With MPRs (especially curved MPRs), artifacts, such as production of pseudostenoses and/or occlusions as a result of inaccurate centerline definition, can occur (Fig. 3c). There can also be limited spatial perception with MPR data sets. Operator dependence is another potential limitation of CMPRs. Eccentric atherosclerotic plaque may be underestimated with the CMPR technique as a result of tracing only the centerline of the artery. Volume-rendered images may not demonstrate aneurysmal dilation of a vessel due to partial luminal thrombosis. Again, review of the axial source data can help solve these problems. Also, anatomic overlap of adjacent structures and loss of structural detail with increased slab thickness may occur with VR post-processing techniques similar to MIP.

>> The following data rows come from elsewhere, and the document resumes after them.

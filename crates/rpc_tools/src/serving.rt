//! `serve`, by hands or by another server.
ghost use Rattle.std.specs.Prelude.{◌≡◌, [], option_map};
ghost use Rattle.command_line.specs.Answers.{IsServeInRange};
ghost use Rattle.memory_count.specs.Faults.{HasRisenBy};
ghost use Rattle.rpc_tools.specs.Servers.{Serves};
ghost use Rattle.rpc_turns.specs.Moments.{edges_of, outside};
ghost use Rattle.run_status.specs.Words.{lacks};

use command_line::ServeSpec;
use memory_count::Memory;
use relay_run::relay;
use rpc_outside::{Clock, Link, PlainDuty, Recorder, Sink};
use run_status::Status;
use serve_run::serve;
use std::sync::Wait;
use worker_crew::{Hand, Spawner};

// The address of the server that is asked for background calls, where the words name one.
fn other_server(spec: &ServeSpec) -> Option<&str>
    ensures { spec.now.relay ≡ option_map (λ addr. addr.now) result }
{
    match &spec.relay {
        None => None,
        Some(addr) => Some(addr.as_str()),
    }
}

/// Serves as the words say: with hands for background calls, or with another server that is asked
/// for them. The spawner has no hand out before and after.
pub(crate) fn serve_as_told<H, K, L, C, P, R>(
    memory: &mut Memory,
    rt: H,
    spec: &ServeSpec,
    sink: &mut K,
    link: &mut L,
    clock: &mut C,
    spawner: &mut P,
    rec: &mut R,
) -> Status
where
    H: Wait + Drop,
    K: Sink,
    L: Link,
    C: Clock,
    P: Spawner<Hand<PlainDuty>>,
    R: Recorder,
    requires range { IsServeInRange spec.now }
    requires none { P.hands_out spawner.old ≡ [] }
    ensures none { P.hands_out spawner.new ≡ [] }
    ensures serves { Serves result (outside L.Link C.gave R.log) spec.now
        (edges_of link.old clock.old rec.old) (edges_of link.new clock.new rec.new)
        (K.page sink.old) (K.page sink.new) }
    ensures cause { HasRisenBy (lacks result) memory.old memory.new }
{
    match other_server(spec) {
        None => serve(memory, rt, spec, sink, link, clock, spawner, rec),
        Some(other) => relay(memory, spec, other, sink, link, clock, rec),
    }
}
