//! The top call.
ghost use Rattle.std.specs.Prelude.{◌≡◌, ◌≢◌, ℕ, List, [], map, Some, None, Ok};
ghost use Rattle.std.specs.String.{string_bytes};
ghost use Rattle.command_line.specs.Tasks.{task_of};
ghost use Rattle.command_line.specs.Words.{LoadWords, ServeWords};
ghost use Rattle.count_line.specs.declared.audit.AuditLine.{AuditLine};
ghost use Rattle.load_run.specs.Loading.{Loads};
ghost use Rattle.rpc_tools.specs.Alone.{StartsNone, StaysAlone};
ghost use Rattle.rpc_tools.specs.Audits.{Answers, Audits, Says};
ghost use Rattle.memory_count.specs.Faults.{HasRisenBy, IsQuiet};
ghost use Rattle.rpc_tools.specs.Drills.{Drills, Succeeds as DrillSucceeds};
ghost use Rattle.rpc_tools.specs.Outcomes.{NothingDone, Simulates, Succeeds, Unmoved};
ghost use Rattle.rpc_tools.specs.Servers.{Serves};
ghost use Rattle.rpc_turns.specs.Moments.{edges_of, outside};
ghost use Rattle.run_status.specs.Words.{lacks};
ghost use Rattle.script_grammar.specs.declared.line.Line.{Line};
ghost use Rattle.script_grammar.specs.Script.{script_of};

use crate::tasks::run_words;
use command_line::Task;
use memory_count::Memory;
use rpc_outside::{Clock, Link, PlainDuty, Recorder, Sink, Source};
use run_status::Status;
use std::sync::Wait;
use worker_crew::{Hand, Spawner};

/// Runs the program on the words after its name. `sim` reads a script from the source and writes
/// the report of its history to the sink. `audit` reads a report, and writes a line that says
/// whether it is that of a lawful history. `drill SEED CALLS` runs a script that it makes, and
/// writes a line that counts what happened. `serve` answers calls that come to the link, and `load`
/// asks them: each turns by turn of the clock, its node's facts go to the recorder, and in the end
/// it writes a line of counts. `serve` works background calls by hands that it offers to the
/// spawner, which has no hand out before and after; it may wait for them, by the handle `rt`. With
/// `--relay` it offers none, and asks those calls of another server. Words that are in no row of
/// the command line are `Usage`. `NoMemory` comes only where memory was refused.
pub fn run<H, S, K, L, C, P, R>(
    memory: &mut Memory,
    rt: H,
    words: &[String],
    source: &mut S,
    sink: &mut K,
    link: &mut L,
    clock: &mut C,
    spawner: &mut P,
    rec: &mut R,
) -> Status
where
    H: Wait + Drop,
    S: Source,
    K: Sink,
    L: Link,
    C: Clock,
    P: Spawner<Hand<PlainDuty>>,
    R: Recorder,
    requires none { P.hands_out spawner.old ≡ [] }
    ensures none { P.hands_out spawner.new ≡ [] }
    ensures starts_none { StartsNone (task_of (map string_bytes words.now)) spawner.old
        spawner.new }
    ensures usage { result ≡ Status.Usage → task_of (map string_bytes words.now) ≡ None }
    ensures no_task { task_of (map string_bytes words.now) ≡ None → IsQuiet memory.old memory.new
        → result ≡ Status.Usage }
    ensures cause { HasRisenBy (lacks result) memory.old memory.new }
    ensures refuses { result ≡ Status.Usage → NothingDone (S.input source.old) (S.input source.new)
        (K.page sink.old) (K.page sink.new) }
    ensures simulates { task_of (map string_bytes words.now) ≡ Some Task.Sim
        → Simulates result (S.input source.old) (S.input source.new) (K.page sink.old)
        (K.page sink.new) }
    ensures headline { (bytes : List ℕ) (script : List Line)
        → task_of (map string_bytes words.now) ≡ Some Task.Sim
        → (S.input source.old).left ≡ Some bytes → script_of bytes ≡ Ok script
        → IsQuiet (S.input source.old).faults (S.input source.new).faults
        → IsQuiet (K.page sink.old).faults (K.page sink.new).faults
        → IsQuiet memory.old memory.new
        → Succeeds script result (S.input source.new) (K.page sink.old) (K.page sink.new) }
    ensures drills { (seed calls : ℕ)
        → task_of (map string_bytes words.now) ≡ Some (Task.Drill seed calls)
        → Drills result seed calls (K.page sink.old) (K.page sink.new) }
    ensures audits { task_of (map string_bytes words.now) ≡ Some Task.Audit
        → Audits result (S.input source.old) (S.input source.new) (K.page sink.old)
        (K.page sink.new) }
    ensures answers { (bytes : List ℕ) (line : AuditLine)
        → task_of (map string_bytes words.now) ≡ Some Task.Audit
        → (S.input source.old).left ≡ Some bytes → Says bytes line
        → IsQuiet (S.input source.old).faults (S.input source.new).faults
        → IsQuiet (K.page sink.old).faults (K.page sink.new).faults
        → result ≢ Status.NoMemory
        → Answers line result (S.input source.new) (K.page sink.old) (K.page sink.new) }
    ensures reads_nothing { task_of (map string_bytes words.now) ≢ Some Task.Sim
        → task_of (map string_bytes words.now) ≢ Some Task.Audit
        → Unmoved (S.input source.old) (S.input source.new) }
    ensures serves { (words' : ServeWords)
        → task_of (map string_bytes words.now) ≡ Some (Task.Serve words')
        → Serves result (outside L.Link C.gave R.log) words'
        (edges_of link.old clock.old rec.old) (edges_of link.new clock.new rec.new)
        (K.page sink.old) (K.page sink.new) }
    ensures loads { (words' : LoadWords)
        → task_of (map string_bytes words.now) ≡ Some (Task.Load words')
        → Loads result (outside L.Link C.gave R.log) words'
        (edges_of link.old clock.old rec.old) (edges_of link.new clock.new rec.new)
        (K.page sink.old) (K.page sink.new) }
    ensures alone { StaysAlone (task_of (map string_bytes words.now)) link.old link.new clock.old
        clock.new rec.old rec.new }
    ensures drilled { (seed calls : ℕ)
        → task_of (map string_bytes words.now) ≡ Some (Task.Drill seed calls)
        → IsQuiet (K.page sink.old).faults (K.page sink.new).faults
        → IsQuiet memory.old memory.new
        → DrillSucceeds result seed calls (K.page sink.old) (K.page sink.new) }
{
    run_words(memory, rt, words, source, sink, link, clock, spawner, rec)
}
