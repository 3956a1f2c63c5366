//! A drill: the script that a number makes is run, and its history counted.
ghost use Rattle.std.specs.Prelude.{◌≤◌, IfOk};
ghost use Rattle.memory_count.specs.Faults.{HasReason, HasRisenBy};
ghost use Rattle.rpc_tools.specs.Drills.{Drills, IsDrillHistory};
ghost use Rattle.run_status.specs.Words.{lacks};

use drill_line::{count, drill_line};
use drill_maker::{MOST_CALLS, drill_script};
use memory_count::{Memory, NoMemory};
use rpc_outside::{Sink, write_all};
use rpc_world::World;
use run_status::Status;

/// The world that the script of a drill left.
fn drilled_world(memory: &mut Memory, seed: u64, calls: u32) -> Result<World, NoMemory>
    requires some { 1 ≤ calls }
    requires most { calls ≤ MOST_CALLS }
    ensures drilled { IfOk result (λ world. IsDrillHistory seed calls world) }
    ensures cause { HasReason memory.old memory.new result }
{
    let script = drill_script(memory, seed, calls)?;
    let world = World::run(memory, &script)?;
    Ok(world)
}

// Writes the line that counts what happened in the world that a drill left.
fn write_counts<K: Sink>(
    memory: &mut Memory,
    world: &World,
    seed: u64,
    calls: u32,
    sink: &mut K,
) -> Status
    requires drilled { IsDrillHistory seed calls world.now }
    ensures drills { Drills result seed calls (K.page sink.old) (K.page sink.new) }
    ensures cause { HasRisenBy (lacks result) memory.old memory.new }
{
    let counts = count(world.history().facts());
    let Ok(line) = drill_line(memory, seed, calls, counts) else {
        return Status::NoMemory;
    };
    match write_all(sink, line.as_bytes()) {
        Ok(()) => Status::Done,
        Err(_) => Status::WriteFault,
    }
}

/// Runs the script of a drill and writes the line that counts what happened. `NoMemory` comes only
/// where memory was refused.
pub fn drill<K: Sink>(memory: &mut Memory, seed: u64, calls: u32, sink: &mut K) -> Status
    requires some { 1 ≤ calls }
    requires most { calls ≤ MOST_CALLS }
    ensures drills { Drills result seed calls (K.page sink.old) (K.page sink.new) }
    ensures cause { HasRisenBy (lacks result) memory.old memory.new }
{
    match drilled_world(memory, seed, calls) {
        Ok(world) => write_counts(memory, &world, seed, calls, sink),
        Err(_) => Status::NoMemory,
    }
}
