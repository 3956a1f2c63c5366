//! The tools of the program: words and the outside in, a status out.
#![tactic(auto)]

mod drill;
mod reading;
mod report;
mod serving;
mod simulation;
mod tasks;
mod tools;

pub use load_run::LoadRun;
pub use relay_run::RelayRun;
pub use run_status::{Going, Status};
pub use serve_run::ServeRun;
pub use simulation::sim;
pub use tools::run;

To date, there are no fully automated algorithms to detect vessel centerlines, to segment out bony structures, or to detect/subtract vessel wall calcification. However, with constant software updates, these tools are likely to become available in the near future. A new investigational tool is dual-energy MDCTA that allows automatic subtraction of bone and potentially calcified atherosclerotic plaque, based on differential attenuation of bone, calcium, and iodine on a dual-energy scan as discussed above.

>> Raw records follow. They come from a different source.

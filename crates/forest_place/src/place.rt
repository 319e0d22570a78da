//! A place, and the places around it.
ghost use Rattle.std.specs.Prelude.{◌≡◌, ◌↔◌, ◌+◌, ◌-◌, ◌*◌, ◌/◌, ◌%◌, ◌^◌, ◌<◌, IsTrue, MatchOption};
ghost use Rattle.forest_place.specs.Places.{IsBefore, is_before_place, is_within as is_place_of, up, child as child_of};
ghost use Rattle.forest_place.specs.Forest.{InForest, IsSlotOf, is_slot as is_slot_of, is_root as is_root_at, root_off, sibling_off};

/// A row of the forest, counted from the leaves up, and an offset in it. Places are ordered as their positions are.
#[derive(Clone, Copy, Debug, PartialEq, Eq, PartialOrd, Ord, Hash)]
pub struct Place {
    /// The row above the leaves, which are row 0.
    pub row: u8,
    /// How many places of its row stand before it.
    pub off: u64,
}

/// Whether one place comes before another: in a lower row, or in its row at a lower offset.
pub fn is_before(place: Place, other: Place) -> bool
    ensures means { IsTrue result ↔ IsBefore place other }
    ensures is { result ≡ is_before_place place other }
{
    place.row < other.row || (place.row == other.row && place.off < other.off)
}

/// Whether the forest over `n` entries has the place.
pub fn is_within(n: u64, place: Place) -> bool
    requires { n < 2 ^ 40 }
    ensures means { IsTrue result ↔ InForest n place.row place.off }
    ensures is { result ≡ is_place_of n place }
{
    place.row < 40 && place.off < n >> place.row
}

/// The row of the slot that has the place. `None` where the forest over `n` entries lacks it.
pub fn slot_of(place: Place, n: u64) -> Option<u8>
    requires { n < 2 ^ 40 }
    ensures { MatchOption result (InForest n place.row place.off → ⊥) (λ h. IsSlotOf n place.row place.off h) }
{
    if place.row >= 40 || place.off >= n >> place.row {
        return None;
    }
    // Above the slot's row the first entry of the part has the bits of n.
    let first = place.off << place.row;
    Some((n ^ first).ilog2() as u8)
}

/// Whether the forest over `n` entries has a slot in a row.
pub fn is_slot(n: u64, row: u8) -> bool
    requires { row < 64 }
    ensures { result ≡ is_slot_of n row }
{
    (n >> row) % 2 == 1
}

/// The root of a slot. Its tree covers the 2^row entries before the last `n % 2^row`.
pub fn root_place(row: u8, n: u64) -> Place
    requires small { n < 2 ^ 40 }
    requires slot { IsTrue (is_slot_of n row) }
    ensures row { result.row ≡ row }
    ensures off { result.off ≡ root_off n row }
    ensures covers { result.off * 2 ^ row + 2 ^ row + n % 2 ^ row ≡ n }
{
    Place {
        row,
        off: (n >> row) - 1,
    }
}

/// Whether a place of the forest over `n` entries is a slot's root.
pub fn is_root(n: u64, place: Place) -> bool
    requires small { n < 2 ^ 40 }
    requires within { InForest n place.row place.off }
    ensures { result ≡ is_root_at n place.row place.off }
{
    place.off % 2 == 0 && place.off + 1 == n >> place.row
}

/// The place above.
pub fn parent(place: Place) -> Place
    requires { place.row < 40 }
    ensures is { result ≡ up place }
    ensures row { result.row ≡ place.row + 1 }
    ensures off { result.off ≡ place.off / 2 }
{
    Place {
        row: place.row + 1,
        off: place.off / 2,
    }
}

/// The other child of the place above.
pub fn sibling(place: Place) -> Place
    ensures row { result.row ≡ place.row }
    ensures off { result.off ≡ sibling_off place.off }
{
    Place {
        row: place.row,
        off: place.off ^ 1,
    }
}

/// On which side of the place above a place stands: 0 is left, 1 is right.
pub fn side(place: Place) -> u64
    ensures is { result ≡ place.off % 2 }
    ensures side { result < 2 }
{
    place.off % 2
}

/// The place beneath on a side: 0 is the left one, 1 the right one.
pub fn child(place: Place, side: u64) -> Place
    requires row { 0 < place.row }
    requires off { place.off < 2 ^ 40 }
    requires side { side < 2 }
    ensures { result ≡ child_of side place }
{
    Place {
        row: place.row - 1,
        off: 2 * place.off + side,
    }
}

/// The left and the right place beneath.
pub fn children(place: Place) -> (Place, Place)
    requires row { 0 < place.row }
    requires off { place.off < 2 ^ 40 }
    ensures rows { (result.0.row + 1 ≡ place.row) × (result.1.row + 1 ≡ place.row) }
    ensures left { result.0.off ≡ 2 * place.off }
    ensures right { result.1.off ≡ 2 * place.off + 1 }
{
    let left = child(place, 0);
    let right = child(place, 1);
    (left, right)
}
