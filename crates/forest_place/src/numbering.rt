//! Positions: the rows are numbered one after another, and each has room for a full forest of its height.
ghost use Rattle.std.specs.Prelude.{◌≡◌, ◌≢◌, ℕ, ◌+◌, ◌-◌, ◌/◌, ◌^◌, ◌<◌, ◌≤◌, MatchOption, bit_or};
ghost use Rattle.forest_place.specs.declared.place.Place.{Place as Placed};
ghost use Rattle.forest_place.specs.Forest.{InForest};
ghost use Rattle.forest_place.specs.Position.{rows as rows_of, row_start as start_of, position as position_of, IsLow};
ghost use Rattle.forest_place.specs.Position.{fixed_position as fixed_position_of};
ghost use Rattle.forest_place.specs.declared.naming.Naming.TheVariants.{Position, FixedPosition};
ghost use Rattle.forest_place.specs.Named.{place_by};

use crate::Place;

/// How many rows stand above row 0: the least R with `n` at most 2^R.
pub fn rows(n: u64) -> u8
    requires { n < 2 ^ 40 }
    ensures is { result ≡ rows_of n }
    ensures room { n ≤ 2 ^ result }
    ensures least { (j : ℕ) → j < result → 2 ^ j < n }
    ensures few { result ≤ 40 }
{
    if n <= 1 { 0 } else { (n - 1).ilog2() as u8 + 1 }
}

// The position at which a row begins, where `top` rows stand above row 0.
fn row_start(top: u8, row: u8) -> u64
    requires few { top ≤ 40 }
    requires row { row ≤ top }
    ensures { result ≡ start_of top row }
{
    (2 << top) - (2 << top >> row)
}

/// The position of a place of the forest over `n` entries.
pub fn position(place: Place, n: u64) -> u64
    requires small { n < 2 ^ 40 }
    requires within { InForest n place.row place.off }
    ensures is { result ≡ position_of n place.row place.off }
    ensures alone { (q : Placed) → InForest n q.row q.off → position_of n q.row q.off ≡ result → q ≡ place }
{
    row_start(rows(n), place.row) + place.off
}

// The place of the forest over `n` entries that has a position, where `top` rows stand above row 0.
fn place_among(position: u64, top: u8, n: u64) -> Option<Place>
    requires few { top ≤ 40 }
    requires room { n ≤ 2 ^ top }
    ensures { MatchOption result
        ((q : Placed) → InForest n q.row q.off → start_of top q.row + q.off ≢ position)
        (λ p. InForest n p.row p.off × (start_of top p.row + p.off ≡ position)) }
{
    let end = (2 << top) - 1;
    if position >= end {
        return None;
    }
    // The rows from a row up have one position less than twice as many as the row itself.
    let row = top - (end - position).ilog2() as u8;
    let off = position - row_start(top, row);
    if off < n >> row {
        Some(Place { row, off })
    } else {
        None
    }
}

/// The place that has a position. `None` where no place of the forest over `n` entries has it.
pub fn place_of(position: u64, n: u64) -> Option<Place>
    requires { n < 2 ^ 40 }
    ensures is { result ≡ place_by Position n position }
    ensures exact { MatchOption result
        ((q : Placed) → InForest n q.row q.off → position_of n q.row q.off ≢ position)
        (λ p. InForest n p.row p.off × (position_of n p.row p.off ≡ position)) }
{
    place_among(position, rows(n), n)
}

/// The fixed position of a place, which is the same in each forest that has the place: the rows are numbered as those of the forest over 2^40
/// entries.
pub fn fixed_position(place: Place) -> u64
    requires row { place.row < 41 }
    requires off { place.off < 2 ^ (40 - place.row) }
    ensures is { result ≡ fixed_position_of place.row place.off }
    ensures alone { (q : Placed) → IsLow q.row q.off → fixed_position_of q.row q.off ≡ result → q ≡ place }
{
    row_start(40, place.row) + place.off
}

/// The place that has a fixed position. `None` where no place of the forest over `n` entries has it.
pub fn place_of_fixed(position: u64, n: u64) -> Option<Place>
    requires { n < 2 ^ 40 }
    ensures is { result ≡ place_by FixedPosition n position }
    ensures exact { MatchOption result
        ((q : Placed) → InForest n q.row q.off → fixed_position_of q.row q.off ≢ position)
        (λ p. InForest n p.row p.off × (fixed_position_of p.row p.off ≡ position)) }
{
    place_among(position, 40, n)
}

/// The position of the place above, where `rows` rows stand above row 0 and `p` is not the highest position.
pub fn parent_position(p: u64, rows: u8) -> u64
    requires few { rows ≤ 40 }
    requires below { p < 2 ^ (rows + 1) - 2 }
    ensures is { result ≡ bit_or (p / 2) (2 ^ rows) }
    ensures parent { (row off : ℕ) → row < rows → off < 2 ^ (rows - row) → p ≡ start_of rows row + off →
        result ≡ start_of rows (row + 1) + off / 2 }
{
    (p >> 1) | (1 << rows)
}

Carotid CTA is noninvasive and is associated with fewer risks than traditional carotid angiography. However, the exposure to ionizing radiation and the intravenous administration of iodinated contrast material should be considered when prior to carotid CTA.

Although many anatomic variants exist, the classical anatomy of the aortic arch includes an independent origin of the left common carotid artery from the aortic arch. The right common carotid artery classically originates from the bifurcation of the brachiocephalic (innominate) artery into the right subclavian and right common carotid arteries (Fig. 9).

The bifurcation of the common carotid arteries typically occurs at the level of the C3-C4 vertebral bodies. After the carotid bifurcation, the external carotid artery (ECA) typically courses anteromedially through the neck, and the ICA courses posterolaterally (Fig. 6). The ICA provides the arterial supply to the brain and eyes, while multiple branches of the ECA supply the remainder of the head and neck. The ICA is generally larger in caliber, but does not demonstrate any branch vessels in the neck [32].

The intracranial portion of the ICA is divided into multiple segments. The petrous segment traverses the petrous portion of the temporal bone and extends to the level of foramen lacerum. The cavernous sinus surrounds the cavernous portion of the intracranial ICA. The ophthalmic segment of the ICA is the first intradural portion contained within the subarachnoid space. The intracranial ICA gives off multiple branches, including the vidian and ophthalmic arteries, with the terminal portion branching into the posterior communicating and anterior choroidal arteries, as well as the anterior and middle cerebral arteries (Fig. 10).